Personalmangel in MulhouseSpital suspendiert 169 Ungeimpfte – und wechselt in den Krisenmodus
Seit Mitte September muss das Gesundheitspersonal in Frankreich zwingend geimpft sein. Wer der Pflicht nicht nachkommt, muss gehen. Im Elsass führt dies zu Problemen.

Anderthalb Jahre nach der ersten Coronawelle, die Mulhouse besonders hart getroffen hatte, sind die Spitäler der elsässischen Stadt und ihres Umlands wieder in einem Krisenmodus – wenn auch nicht in einem derart akuten wie damals.
Wohl aber gab die regionale Spitalgruppe GHRMSA am Dienstag bekannt, dass man einen Krisenplan aktiviert und nicht dringliche Operationen verschoben habe. «Das Ziel dieser aussergewöhnlichen Massnahme ist es, die kontinuierliche Versorgung so gut wie möglich zu gewährleisten», erklärt die Gruppe in einem Communiqué.
Grund für die kritische Lage ist diesmal nicht etwa eine stark steigende Zahl an Covid-Patienten, sondern der abrupt gesunkene Personalbestand: 169 Mitarbeiter der Krankenhausgruppe wurden freigestellt, weil sie dem in Frankreich geltenden Impfobligatorium keine Folge leisteten.
So müssen im westlichen Nachbarland bestimmte Berufsgruppen wie Feuerwehrleute, Betreuer oder Pflegekräfte – anders als in der Schweiz – zwingend gegen Covid geimpft sein. Die französische Regierung hatte ihnen bis zum 15. September Zeit gegeben, um sich mindestens eine Impfdosis verabreichen zu lassen.
Die allermeisten der 2,7 Millionen Angestellten im französischen Gesundheitssektor sind der Aufforderung gefolgt, aber nicht ganz alle. Gesundheitsminister Olivier Véran sprach letzte Woche von rund 3000 Personen, die sich der Pflicht widersetzt hätten und freigestellt worden seien. Der Lohn wird ihnen nicht fortbezahlt. «Eine grosse Anzahl dieser Suspendierungen ist nur vorübergehend» und betreffe hauptsächlich Hilfspersonal, fügte Véran hinzu.

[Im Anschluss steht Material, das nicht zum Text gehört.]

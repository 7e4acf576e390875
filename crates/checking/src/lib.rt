// Checking claims: whether codes that somebody brings form a filling or a block for the sensors that are on.
#![tactic(auto)]

ghost use Rattle.std.specs.Prelude.{◌≡◌};
ghost use Rattle.refusal.specs.Outcomes.{outcome};
ghost use Rattle.survey.specs.Plans.{survey_of};
ghost use Rattle.survey.specs.Sets.{set_of};
ghost use Rattle.checking.specs.Claims.{checked};
ghost use Rattle.checking.specs.Examples.{HubChecks};
ghost use Rattle.checking.specs.Theorems.{CheckDecides};

use complex::boundary_grid::BoundaryGrid;
use complex::listing::{list_edges, list_triangles};
use equations::Equations;
use field::Field;
use homology::kind::Kind;
use refusal::Refusal;
use survey::edge::{Edge, Triangle};
use survey::plan::Survey;
use survey::sensor_set::SensorSet;

mod codes;
mod equations;
#[cfg(test)]
mod tests;
mod verdict;

// Do the codes at the front of the list form the filling or the block that is claimed? A list of zeros does not. Refused if the
// list is too short for a code for each triangle or edge, and if one of those codes is none of the field's.
pub fn check<F: Field>(
    survey: &Survey,
    on: &SensorSet,
    field: &F,
    claim: Kind,
    codes: &[u16],
) -> Result<bool, Refusal>
    ensures { outcome (λ yes. yes) result ≡ checked (survey_of survey.now) (set_of on.now) (F.arithmetic field.now) claim codes.now }
{
    // tables of fixed size with a count beside each, since there is no heap here
    let mut edges = [Edge::default(); 512];
    let mut triangles = [Triangle::default(); 1024];
    let edge_count = list_edges(survey, on, &mut edges)?;
    let triangle_count = list_triangles(survey, on, &mut triangles)?;
    let grid = BoundaryGrid::new(
        &edges[..edge_count],
        &triangles[..triangle_count],
        survey.fence(),
        field.negative(1),
    );
    let equations = Equations {
        field,
        grid: &grid,
        rows: edge_count as u32,
        columns: triangle_count as u32,
    };
    equations.judge(claim, codes)
}

// Yes says that the codes form what is claimed, and no that they do not, unless they are zeros. Where the fence is on, zeros form
// nothing either, and every filling and every block is answered by yes.
pub fn check_decides()
    ensures { CheckDecides }
{}

// Claims for a small hall, each answered as the definition computes.
pub fn hub_checked()
    ensures { HubChecks }
{}
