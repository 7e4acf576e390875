// The check on any grid, read as a system of so many rows and columns with the column after them as its target.
ghost use Rattle.std.specs.Prelude.{◌≡◌};
ghost use Rattle.checking.specs.Claims.{size as size_of};

use crate::codes::{has_nonzero, has_outside};
use crate::equations::Equations;
use field::Field;
use homology::kind::Kind;
use matrix::grid::Grid;
use refusal::Refusal;

// How many codes a claim takes where there are so many rows and columns. The reduction's bench has the same two cases, and rests on no
// check of claims.
fn size(claim: Kind, rows: u32, columns: u32) -> u32
    ensures { result ≡ size_of claim rows columns }
{
    match claim {
        Kind::Filling => columns,
        Kind::Block => rows,
    }
}

impl<'a, F: Field, G: Grid> Equations<'a, F, G> {
    ghost use Rattle.refusal.specs.Outcomes.{outcome};
    ghost use Rattle.checking.specs.Claims.{verdict as verdict_of};
    ghost use Rattle.checking.specs.Equations.{system_in};

    // Do the codes at the front of the list form what is claimed? A list of zeros does not.
    pub(crate) fn judge(&self, claim: Kind, codes: &[u16]) -> Result<bool, Refusal>
        ensures { outcome (λ yes. yes) result ≡ verdict_of (F.arithmetic self.now.field.now) (system_in self.now.rows self.now.columns (G.holds self.now.grid.now)) claim codes.now }
    {
        let size = size(claim, self.rows, self.columns) as usize;
        if codes.len() < size {
            return Err(Refusal::TooShort);
        }
        let claimed = &codes[..size];
        if has_outside(self.field, claimed) {
            return Err(Refusal::NotACode);
        }
        if !has_nonzero(claimed) {
            return Ok(false);
        }
        Ok(match claim {
            Kind::Filling => self.solves(claimed),
            Kind::Block => self.separates(claimed),
        })
    }
}
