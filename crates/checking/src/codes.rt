// Looking through a list of codes.
ghost use Rattle.std.specs.Prelude.{◌≡◌};
ghost use Rattle.checking.specs.Claims.{has_outside_of, has_nonzero_of};

use field::Field;

// Is one of them not below the field's order?
pub(crate) fn has_outside<F: Field>(field: &F, codes: &[u16]) -> bool
    ensures { result ≡ has_outside_of (F.arithmetic field.now) codes.now }
{
    codes.iter().any(|code| *code as u32 >= field.order())
}

// Is one of them not 0?
pub(crate) fn has_nonzero(codes: &[u16]) -> bool
    ensures { result ≡ has_nonzero_of codes.now }
{
    codes.iter().any(|code| *code != 0)
}
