// Claims for nineteen sensors, all linked, with a fence of three.
use crate::check;
use field::gf2::Gf2;
use homology::kind::Kind;
use refusal::Refusal;
use std::test::Fail;
use survey::neighbours::Neighbours;
use survey::plan::Survey;
use survey::sensor_set::SensorSet;

// Made here, and as other tests make such surveys, since tests are no library.
fn nineteen() -> Result<Survey, Refusal> {
    let mut neighbours = Neighbours::new(19)?;
    for x in 1..=19u16 {
        for y in 1..=19u16 {
            if x != y {
                neighbours.add(x, y)?;
            }
        }
    }
    Survey::new(neighbours, &[1, 2, 3])
}

// The triangle 1 2 3 is the first of 969.
#[test]
fn one_triangle_fills_a_fence_of_three(rt: HostRuntime) -> Result<(), Fail> {
    let survey = nineteen()?;
    let on = survey.all();
    let mut codes = [0u16; 970];
    assert_eq!(rt; check(&survey, &on, &Gf2, Kind::Filling, &codes), Ok(false));
    codes[0] = 1;
    codes[969] = 2;
    assert_eq!(rt; check(&survey, &on, &Gf2, Kind::Filling, &codes), Ok(true));
    codes[968] = 1;
    assert_eq!(rt; check(&survey, &on, &Gf2, Kind::Filling, &codes), Ok(false));
    codes[968] = 2;
    assert_eq!(rt;
        check(&survey, &on, &Gf2, Kind::Filling, &codes),
        Err(Refusal::NotACode)
    );
    assert_eq!(rt;
        check(&survey, &on, &Gf2, Kind::Filling, &codes[0..968]),
        Err(Refusal::TooShort)
    );
    Ok(())
}

// With 1 and 2 on alone there are one edge and no triangle, and a value on the edge is a block.
#[test]
fn a_value_on_one_edge_is_a_block(rt: HostRuntime) -> Result<(), Fail> {
    let survey = nineteen()?;
    let on = SensorSet::empty().with(1).with(2);
    assert_eq!(rt; check(&survey, &on, &Gf2, Kind::Block, &[1]), Ok(true));
    assert_eq!(rt; check(&survey, &on, &Gf2, Kind::Block, &[0]), Ok(false));
    assert_eq!(rt; check(&survey, &on, &Gf2, Kind::Filling, &[]), Ok(false));
    Ok(())
}
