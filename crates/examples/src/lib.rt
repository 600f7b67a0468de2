// Small examples of the lower layers, run as tests.
#![tactic(auto)]

#[cfg(test)]
mod tests {
    use casefile::case::Case;
    use closure::{Misfit, distances, reach};
    use cycles::shortest_cycle;
    use records::fault::{Cause, Fault};
    use records::mark::{Mark, Record};
    use records::survey::survey;
    use relation::Relation;
    use std::test::Fail;

    // 0 to 1 to 2, and no way back.
    #[test]
    fn a_chain_reaches_on(rt: HostRuntime) {
        let mut steps = [false, true, false, false, false, true, false, false, false];
        assert_eq!(rt; reach(&mut steps, 3), Ok(()));
        assert_eq!(rt;
            steps,
            [false, true, true, false, false, true, false, false, false]
        );
    }

    #[test]
    fn a_short_slice_is_refused(rt: HostRuntime) {
        let mut steps = [None; 8];
        assert_eq!(rt; distances(&mut steps, 3), Err(Misfit::Values));
        assert_eq!(rt; distances(&mut steps, 65), Err(Misfit::Rows));
    }

    // A ring of four events with a chord that makes a ring of three: 0 1 2 3, and 2 back to 0.
    #[test]
    fn the_shorter_ring_is_the_witness(rt: HostRuntime) {
        let mut ring = Relation::empty();
        ring.add(0, 1);
        ring.add(1, 2);
        ring.add(2, 3);
        ring.add(3, 0);
        ring.add(2, 0);
        let mut memory = [255u8; 64];
        assert_eq!(rt; shortest_cycle(&ring, &mut memory), Some(3));
        assert_eq!(rt;
            [memory[0], memory[1], memory[2], memory[3]],
            [0, 1, 2, 255]
        );
    }

    #[test]
    fn a_late_thread_is_a_fault(rt: HostRuntime) -> Result<(), Fail> {
        match survey(b"TH\x00\x00OR\x00\x01TH\x00\x00EN") {
            Ok(_) => Err(Fail::new("a thread after an edge was taken")),
            Err(Fault { cause, place }) => {
                assert_eq!(rt; cause, Cause::LateRow);
                assert_eq!(rt; place, 8);
                Ok(())
            }
        }
    }
    // The rows are read at once; then the question comes, and then the end.
    #[test]
    fn a_question_is_handed_out(rt: HostRuntime) -> Result<(), Fail> {
        let mut case = Case::new(b"TH\x00\x00QU\x00\x00\x00\x00EN");
        match case.next() {
            Ok(
                Some(
                    Record {
                        mark: Mark::Question,
                        body: _,
                        place,
                    },
                ),
            ) => {
                assert_eq!(rt; place, 4);
                Ok(())
            },
            _ => Err(Fail::new("no question came")),
        }
    }
}
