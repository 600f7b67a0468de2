// The closure of a table of steps: what all chains of at most 64 steps come to, for every kind of step whose joining
// and chaining keep the laws of `Laws`.
#![tactic(auto)]

ghost use Rattle.std.specs.Prelude.{◌≡◌, ◌*◌, ◌<◌, ◌≤◌, false, ◌&&◌, ◌||◌, length, Ok, Err};
ghost use Rattle.closure.specs.declared.Misfit.{Misfit as Reason};
ghost use Rattle.closure.specs.Kinds.{no_steps, fewer, further};
ghost use Rattle.closure.specs.Fitting.{fitting};
ghost use Rattle.closure.specs.Ways.{Reaches, Single, Measures};
ghost use Rattle.closure.specs.Steps.{Laws, Relaxed, Swept, Passed, Closed};
ghost use Rattle.closure.specs.KindLaws.{reach_laws, count_laws};

// One kind of step. `join` makes one value of two ways from an event to another, `chain` one of a step and the step
// after it, and `none` is the absence of a step.
pub trait Step: Copy {
    ghost none: { Self };

    ghost join: { Self → Self → Self };

    ghost chain: { Self → Self → Self };

    fn none() -> Self
        ensures { result ≡ none };

    fn join(self, other: Self) -> Self
        ensures { result ≡ join self other };

    fn chain(self, other: Self) -> Self
        ensures { result ≡ chain self other };

    // Each kind proves these.
    ghost lawful: { Laws none join chain };
}

// The most rows that a table may have.
const ROWS: usize = 64;

// Why a table is refused.
#[derive(Clone, Copy, PartialEq, Eq, Debug)]
pub enum Misfit {
    // more than 64 rows
    Rows,
    // fewer values than the table has entries
    Values,
}

// Joins to each entry of a row the way over one event: `via` is the row's step to that event, `over` the event's own row.
fn relax<S: Step + Copy>(row: &mut [S], via: S, over: &[S])
    requires { length row.old ≡ length over.now }
    ensures { Relaxed S.none S.join S.chain via over.now row.old row.new (length row.old) }
{
    // Behind a `zip` over `iter_mut` a proof knows no entry of the row, so `over` is read by the index.
    for (j, to) in row.iter_mut().enumerate() {
        *to = to.join(via.chain(over[j]));
    }
}

// Joins the way over k, whose own row is `over`, to each of these rows. How many they are is the caller's to tell: a division of
// the lengths would cost more than all else in a small table.
fn sweep<S: Step + Copy>(rows: &mut [S], count: usize, k: usize, over: &[S])
    requires { (length rows.old ≡ count * length over.now) × (k < length over.now) }
    ensures { Swept S.none S.join S.chain k over.now rows.old rows.new count }
{
    let n = over.len();
    // After `chunks_exact_mut` a proof knows no entry of the rows, so each row is cut out by its range.
    for i in 0..count {
        let row = &mut rows[i * n..(i + 1) * n];
        let via = row[k];
        relax(row, via, over);
    }
}

// Joins the way over k to each entry. Row k itself gains nothing from it, and is lent to the rows above it and below it. The number of
// rows stands beside the table, whose length gives only its square.
fn pass<S: Step + Copy>(table: &mut [S], n: usize, k: usize)
    requires { (n ≤ 64) × ((length table.old ≡ n * n) × (k < n)) }
    ensures { Passed S.none S.join S.chain n k table.old table.new }
{
    let (above, rest) = table.split_at_mut(k * n);
    let (over, below) = rest.split_at_mut(n);
    sweep(above, k, k, over);
    sweep(below, n - k - 1, k, over);
}

// Closes, in place, the table of n rows and n columns at the front of the slice, entry (i, j) at i * n + j. A table of
// more than 64 rows or a slice too short for it is refused, and then nothing is altered. The number of rows stands beside the
// slice, since the slice may be longer than the table.
pub fn close<S: Step + Copy>(steps: &mut [S], n: usize) -> Result<(), Misfit>
    ensures answer { result ≡ fitting n (length steps.old) }
    ensures closed { result ≡ Ok tt → Closed S.none S.join S.chain n steps.old steps.new }
    ensures refused { (why : Reason) → result ≡ Err why → steps.new ≡ steps.old }
{
    if n > ROWS {
        return Err(Misfit::Rows);
    }
    if steps.len() < n * n {
        return Err(Misfit::Values);
    }
    let table = &mut steps[..n * n];
    for k in 0..n {
        pass(table, n, k);
    }
    Ok(())
}

// Yes or no: whether there is a way.
impl Step for bool {
    ghost none = { false };

    ghost join = { ◌||◌ };

    ghost chain = { ◌&&◌ };

    ghost lawful = { reach_laws };

    fn none() -> bool {
        false
    }

    fn join(self, other: bool) -> bool {
        self | other
    }

    fn chain(self, other: bool) -> bool {
        self & other
    }
}

// The longest way that is counted.
const LONGEST: u8 = 64;

// How many steps a way has, at most 64, or `None` where there is none.
impl Step for Option<u8> {
    ghost none = { no_steps };

    ghost join = { fewer };

    ghost chain = { further };

    ghost lawful = { count_laws };

    fn none() -> Option<u8> {
        None
    }

    // Where the other is `None`, the compiler sees that nothing is altered: a row with no step to k takes little time.
    fn join(self, other: Option<u8>) -> Option<u8> {
        match (self, other) {
            (_, None) => self,
            (None, _) => other,
            (Some(a), Some(b)) => Some(a.min(b)),
        }
    }

    fn chain(self, other: Option<u8>) -> Option<u8> {
        self?.checked_add(other?).filter(|&sum| sum <= LONGEST)
    }
}

// The closure at yes and no: an entry is true exactly if a chain of one or more true entries leads from i to j.
pub fn reach(steps: &mut [bool], n: usize) -> Result<(), Misfit>
    ensures answer { result ≡ fitting n (length steps.old) }
    ensures closed { result ≡ Ok tt → Closed false ◌||◌ ◌&&◌ n steps.old steps.new }
    ensures reaches { result ≡ Ok tt → Reaches n steps.old steps.new }
    ensures refused { (why : Reason) → result ≡ Err why → steps.new ≡ steps.old }
{
    close(steps, n)
}

// The closure at step counts. On a table of single steps an entry is the length of the shortest chain from i to j, or
// `None` if there is no chain of any length.
pub fn distances(steps: &mut [Option<u8>], n: usize) -> Result<(), Misfit>
    ensures answer { result ≡ fitting n (length steps.old) }
    ensures closed { result ≡ Ok tt → Closed no_steps fewer further n steps.old steps.new }
    ensures measures { result ≡ Ok tt → Single n steps.old → Measures n steps.old steps.new }
    ensures refused { (why : Reason) → result ≡ Err why → steps.new ≡ steps.old }
{
    close(steps, n)
}
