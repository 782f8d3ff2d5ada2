//! Core terms, packed values and definitions as nodes: a leaf as it is, any other node in
//! parentheses, its form in front of its parts.
#![tactic(auto)]

mod definitions;
mod patterns;
mod sheet;
mod terms;
mod types;

pub use definitions::{write_import, write_module};
pub use sheet::{Leaves, Sheet};
pub use terms::{write_term, write_value};
pub use types::write_type;
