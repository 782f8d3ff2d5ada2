// Patterns, written on the sheet.

use crate::sheet::Sheet;
use crate::types::write_type;
use ac_terms::Pat;

fn truth(sheet: &mut Sheet, truth: bool) {
    sheet.leaf(if truth { b"true" } else { b"false" });
}

/// Adds a pattern.
#[cycle(patterns)]
pub fn write_pattern(sheet: &mut Sheet, pattern: &Pat) {
    match pattern {
        Pat::Wild => sheet.leaf(b"_"),
        Pat::Var(ty) => {
            sheet.open(b":");
            write_type(sheet, ty);
            sheet.close();
        }
        Pat::Int(number) => sheet.number(*number),
        Pat::Bool(so) => truth(sheet, *so),
        Pat::Str(text) => sheet.string(text),
        Pat::Unit => sheet.leaf(b"()"),
        Pat::Tuple(parts) => {
            sheet.open(b"tuple");
            for part in parts.as_slice() {
                write_pattern(sheet, part);
            }
            sheet.close();
        }
        Pat::Nil => sheet.leaf(b"[]"),
        Pat::Cons(head, tail) => {
            sheet.open(b"::");
            write_pattern(sheet, head);
            write_pattern(sheet, tail);
            sheet.close();
        }
        Pat::Absent => sheet.leaf(b"None"),
        Pat::Present(item) => {
            sheet.open(b"Some");
            write_pattern(sheet, item);
            sheet.close();
        }
        Pat::Exn(exn) => sheet.leaf(exn.name()),
        Pat::ExnOf(exn, item) => {
            sheet.open(exn.name());
            write_pattern(sheet, item);
            sheet.close();
        }
    }
}
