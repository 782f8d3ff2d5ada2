// A page of nodes in parentheses behind their forms.

use ac_terms::Env;
use ac_text::Page;
use ac_types::{Name, Text, Word};

/// How strings and the names of definitions are written.
#[derive(Clone, Copy)]
pub enum Leaves<'a> {
    /// By the digits of their bytes, a string behind an `x`.
    Digits,
    /// A string between quotes, a name as the number of the first of these entries that keeps it.
    Entries(&'a Env),
}

/// What adds nodes to a page, a blank in front of each.
#[derive(Drop)]
pub struct Sheet<'a> {
    page: &'a mut Page,
    leaves: Leaves<'a>,
}

impl<'a> Sheet<'a> {
    /// What adds nodes to this page.
    pub fn on(page: &'a mut Page, leaves: Leaves<'a>) -> Sheet<'a> {
        Sheet { page, leaves }
    }

    /// Adds a node without parts.
    pub fn leaf(&mut self, form: &[u8]) {
        self.page.put(b" ");
        self.page.put(form);
    }

    /// Adds the front of a node with parts.
    pub fn open(&mut self, form: &[u8]) {
        self.page.put(b" (");
        self.page.put(form);
    }

    /// Ends a node with parts.
    pub fn close(&mut self) {
        self.page.put(b")");
    }

    /// Adds a number.
    pub fn number(&mut self, number: i64) {
        self.page.put(b" ");
        self.page.integer(number);
    }

    /// Adds an identifier.
    pub fn word(&mut self, word: &Word) {
        self.leaf(word.text().as_slice());
    }

    /// Adds a string.
    pub fn string(&mut self, text: &Text) {
        match self.leaves {
            Leaves::Digits => {
                self.page.put(b" x");
                self.digits(text.as_slice());
            }
            Leaves::Entries(_) => {
                self.page.put(b" \"");
                self.page.put(text.as_slice());
                self.page.put(b"\"");
            }
        }
    }

    /// Adds the name of a definition.
    pub fn name(&mut self, name: &Name) {
        match self.leaves {
            Leaves::Digits => {
                self.page.put(b" ");
                self.digits(name.0.as_slice());
            }
            Leaves::Entries(env) => self.entry(env, name),
        }
    }

    fn entry(&mut self, env: &Env, name: &Name) {
        match env.entries().iter().position(|entry| entry.keeps(name)) {
            Some(number) => self.number(i64::try_from(number).unwrap_or(-1)),
            None => self.leaf(b"?"),
        }
    }

    fn digits(&mut self, bytes: &[u8]) {
        let digits = b"0123456789abcdef".as_slice();
        for byte in bytes {
            let high = digits[usize::from(*byte / 16)];
            let low = digits[usize::from(*byte % 16)];
            self.page.put(&[high, low]);
        }
    }
}
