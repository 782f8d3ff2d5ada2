// The words by which a sender is started.
ghost use Rattle.std.specs.Prelude.{◌≡◌, ◌∷◌, [], ◌++◌, IfOk, OnOk, map, option_map, string_bytes};
ghost use Rattle.acute_pipe.specs.Senders.{option_words, words_for};

use ac_types::Memory;
use acute_words::Pipe;
use std::alloc::Global;

/// The words by which the sender of a pipe is started.
pub fn started_words(alloc: Global, asked: Pipe) -> Result<Vec<String>, Memory>
    ensures { IfOk result (λ words. map string_bytes words.items ≡ words_for asked.entry) }
{
    let mut words = Vec::new(alloc);
    add(alloc, &mut words, asked.tool)?;
    add(alloc, &mut words, "run")?;
    add(alloc, &mut words, asked.sender)?;
    add(alloc, &mut words, "--out")?;
    add(alloc, &mut words, "-")?;
    add_option(alloc, &mut words, "--shelf", asked.receiver.shelf)?;
    add_option(alloc, &mut words, "--steps", asked.written)?;
    Ok(words)
}

// Adds an option with its value, if that is given.
fn add_option(
    alloc: Global,
    words: &mut Vec<String>,
    name: &str,
    value: Option<&str>,
) -> Result<(), Memory>
    ensures { OnOk result (map string_bytes words.new.items ≡ map string_bytes words.old.items ++
        option_words name.now (option_map (λ s. s.now) value.entry)) }
{
    if let Some(value) = value {
        add(alloc, words, name)?;
        add(alloc, words, value)?;
    }
    Ok(())
}

// Adds a word.
fn add(alloc: Global, words: &mut Vec<String>, word: &str) -> Result<(), Memory>
    ensures { OnOk result (map string_bytes words.new.items ≡
        map string_bytes words.old.items ++ word.now ∷ []) }
{
    words.push(String::from_str(alloc, word)?)?;
    Ok(())
}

Im Fall der Spitalgruppe GHRMSA sieht die Rechnung indes etwas anders aus. Gemäss dem Regionalsender France 3 finden sich unter den 169 Suspendierten 66 Pflegekräfte, 40 Hilfspflegekräfte, 19 Personen aus dem Sekretariat und ein Arzt.
Dies entspricht knapp drei Prozent der Gesamtbelegschaft von rund 6000 Personen – und es reicht, um der Klinikgruppe Probleme zu bereiten. Die jüngste Personalfluktuation akzentuiere chronische Mängel im regionalen Gesundheitswesen, sagt die Spitalleitung. In ihrem Communiqué erklärt sie: Es fehle schon länger an Personal, man habe viele krankheitsbedingte Ausfälle, in der Folge habe man Betten abbauen müssen. Zudem gelte es nach wie vor, eine Pandemie zu bewältigen.
«Wir bedauern, dass wir Operationen verschieben und Patienten warten lassen müssen, aber im Moment ist das die einzige Lösung», betont ein Vertreter des regionalen Gesundheitsamts. Die Aktivierung des Krisenplans, des sogenannten «Plan blanc», bedeute nicht, dass man sich in einer «dramatischen Krise» befinde. «Es handelt sich um ein Instrument, das von der Krankenhausleitung zwecks einfacherer Handhabung der Ressourcen eingesetzt wird», so seine Erklärung im Regionalfernsehen.
«Man stellt uns vor die Tür, ohne uns anzuhören.»
Gleichwohl sorgt der Fall für Aufsehen. In Frankreich ist nämlich von keiner anderen bedeutenden Klinik bekannt, dass sie wegen der Impfpflicht hätte auf den «Plan blanc» umstellen müssen. Zudem hat am Mittwoch vor dem Spital Émile Muller in Mulhouse eine Protestgruppe ihrem Unmut über die Suspendierungen Luft gemacht. «Man stellt uns vor die Tür, ohne uns anzuhören und ohne uns verstehen zu wollen», klagte eine Frau in der Tagesschau des Senders France 2. Demonstranten trugen symbolisch weisse Kittel zu Grabe. Dazu wurde im Chor «Liberté! Liberté!» gerufen – eine Parole, die auch bei Massnahmen- und Impfgegnern in der benachbarten Schweiz beliebt ist.
Die französischen Behörden zeigen sich davon unbeeindruckt. Wer ungeimpft sei, könne vorerst nicht an seinen Arbeitsplatz zurückkehren, lässt das regionale Gesundheitsamt wissen.